Jonathan Edwards writes:
 > 
 > On Jun 15, 2006, at 06:23, Roch Bourbonnais - Performance Engineering  
 > wrote:
 > 
 > > Naively I''d think a write_cache  should not help throughput
 > > test since the cache should fill  up after which you should still be
 > > throttled by the physical drain rate. You clearly show that
 > > it helps; Anyone knows why/how a cache helps throughput ?
 > 
 > 7200 RPM disks are typically IOP bound - so the write cache (which
 > can be up to 16MB on some drives) should be able to buffer enough
 > IO to deliver more efficiently on each IOP and also reduce head seek.
 > Not sure which vendors implement write through when the cache fills,
 > or how detailed the drive cache algos on SATA can go ..
 > 
 > Take a look at PSARC 2004/652:
 > http://www.opensolaris.org/os/community/arc/caselog/2004/652/
 > 
 > .je
 > _______________________________________________
 > zfs-discuss mailing list
 > zfs-discuss at opensolaris.org
 > http://mail.opensolaris.org/mailman/listinfo/zfs-discuss

Anton B. Rang

2006-Jun-15 14:30 UTC

head link

[zfs-discuss] Re: Re: disk write cache, redux

The write cache decouples the actual write to disk from the data transfer from
the host.
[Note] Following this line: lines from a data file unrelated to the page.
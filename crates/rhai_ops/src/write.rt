//! The write of an assignment.
ghost use Rattle.std.specs.Prelude.{◌≡◌, []};
ghost use Rattle.rhai_value.specs.End.{end, value_after, store_after};
ghost use Rattle.rhai_ops.specs.Effects.{rewritten};

use rhai_value::{Dynamic, InStore, Store};

/// Writes the content of a value where the chain ends; changes nothing if the chain is stuck or
/// closed.
pub(crate) fn write(new: Dynamic, store: &mut Store, left: &mut Dynamic)
    ensures value { left.new ≡ value_after (rewritten new) (end store.old [] left.old) left.old }
    ensures store { store.new ≡ store_after (rewritten new) (end store.old [] left.old) store.old }
{
    let mut place = InStore { value: left, store };
    if let Some(held) = place.held_mut() {
        *held = under(held, new);
    }
}

/// The new value with the tag and mode of the old one.
fn under(old: &Dynamic, new: Dynamic) -> Dynamic
    ensures { result ≡ rewritten new old.now }
{
    new.labelled(old.tag(), old.access_mode())
}
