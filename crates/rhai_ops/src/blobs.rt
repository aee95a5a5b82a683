//! Operators on blobs.
ghost use Rattle.std.specs.Prelude.{◌++◌, Some, nat_eq};
ghost use Rattle.std.specs.Cmp.Lexicographic.{pointwise};
ghost use Rattle.rhai_value.specs.End.{flat};
ghost use Rattle.rhai_value.specs.Parts.{blob_of, char_of};
ghost use Rattle.rhai_ops.specs.Outcome.{IsOutcome, both, bool_answer, limited_blob};
ghost use Rattle.rhai_ops.specs.Results.{Holds, blob_and_char, joined_blobs, part as part_in, unless as unless_it};

use crate::answer::{is_allowed, part, unless, value};
use rhai_text::{EvalAltResult, Limits, Position, SizeKind};
use rhai_value::{Blob, Dynamic, Store};
use std::alloc::Global;

/// Appends a blob to a blob. If one is empty, the other is copied as it is held, and no limit is
/// tested.
pub(crate) fn join(
    alloc: Global,
    store: &Store,
    limits: &Limits,
    left: &Dynamic,
    right: &Dynamic,
) -> Result<Dynamic, EvalAltResult>
    requires first { Holds blob_of store.now left.now }
    requires second { Holds blob_of store.now right.now }
    ensures { IsOutcome (Unit {0}) result (both (joined_blobs limits.now (flat store.now left.now) (flat store.now right.now)) (part_in blob_of store.now left.now) (part_in blob_of store.now right.now)) }
{
    let a = part::<Blob>(left, store);
    let b = part::<Blob>(right, store);
    if b.is_empty() {
        return Ok(left.flatten_clone(alloc, store)?);
    }
    if a.is_empty() {
        return Ok(right.flatten_clone(alloc, store)?);
    }
    appended(alloc, limits, a, b)
}

/// The bytes followed by the others, with one allocation.
fn appended(alloc: Global, limits: &Limits, a: &[u8], b: &[u8]) -> Result<Dynamic, EvalAltResult>
    ensures { IsOutcome (Unit {0}) result (limited_blob limits.now (a.now ++ b.now)) }
{
    if !is_allowed(limits.items, a.len(), b.len()) {
        return Err(EvalAltResult::ErrorDataTooLarge(SizeKind::Items, Position::NONE));
    }
    let mut bytes = Vec::with_capacity(alloc, a.len().saturating_add(b.len()))?;
    bytes.extend_from_slice(a)?;
    bytes.extend_from_slice(b)?;
    Ok(Dynamic::from_blob(bytes))
}

/// Whether two blobs have the same bytes, or the negation.
pub(crate) fn equal(
    negated: bool,
    store: &Store,
    left: &Dynamic,
    right: &Dynamic,
) -> Result<Dynamic, EvalAltResult>
    requires first { Holds blob_of store.now left.now }
    requires second { Holds blob_of store.now right.now }
    ensures { IsOutcome ⊥ result (both (λ v w. bool_answer (Some (unless_it negated (pointwise nat_eq v w)))) (part_in blob_of store.now left.now) (part_in blob_of store.now right.now)) }
{
    let same = part::<Blob>(left, store) == part::<Blob>(right, store);
    Ok(Dynamic::from_bool(unless(negated, same)))
}

/// Appends the UTF-8 bytes of a character to a blob.
pub(crate) fn join_char(
    alloc: Global,
    limits: &Limits,
    store: &Store,
    left: &Dynamic,
    right: &Dynamic,
) -> Result<Dynamic, EvalAltResult>
    requires first { Holds blob_of store.now left.now }
    requires second { Holds char_of store.now right.now }
    ensures { IsOutcome (Unit {0}) result (blob_and_char.comes_to limits.now store.now left.now right.now) }
{
    let a = part::<Blob>(left, store);
    let mut buffer = [0; 4];
    let b = value::<char>(right, store)
        .encode_utf8(&mut buffer)
        .as_bytes();
    appended(alloc, limits, a, b)
}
For a streaming operation, this means that the disk can typically
stream data onto tracks with almost no latency (because the cache can aggregate
multiple I/O operations into full tracks which can be written without waiting
for the right sector to come around).

Disks could do this with "write cache disabled" if they actually used
their write cache anyway and simply didn''t acknowledge the write
immediately, but it appears they don''t, perhaps because this would add
extra latency compared to actually waiting for the disk to get to the right
place and transferring the data (well, one track''s worth at least), or
perhaps because SATA disks are normally used with the write cache enabled and
hence that''s the optimized code path.
 
 
This message posted from opensolaris.org

Phil Brown

2006-Jun-15 15:02 UTC

head link

[zfs-discuss] Re: disk write cache, redux

Roch Bourbonnais - Performance Engineering wrote:> I''m puzzled by 2 things.
> 
> Naively I''d think a write_cache  should not help throughput
> test since the cache should fill  up after which you should still be
> throttled by the physical drain rate. You clearly show that
> it helps; Anyone knows why/how a cache helps throughput ?
> 
> And the second thing...quick search, this seems relevant
> 
> 	Bug ID: 6397876
> 	Synopsis: sata drives need default write cache controlled via property
> 	Integrated in Build: snv_38
> 	http://bugs.opensolaris.org/bugdatabase/view_bug.do?bug_id=6397876
> 

well, that just says that the cache settings dont stick across reboot. that 
doesnt seem to have any bearing on whether zfs toggles write cache or not.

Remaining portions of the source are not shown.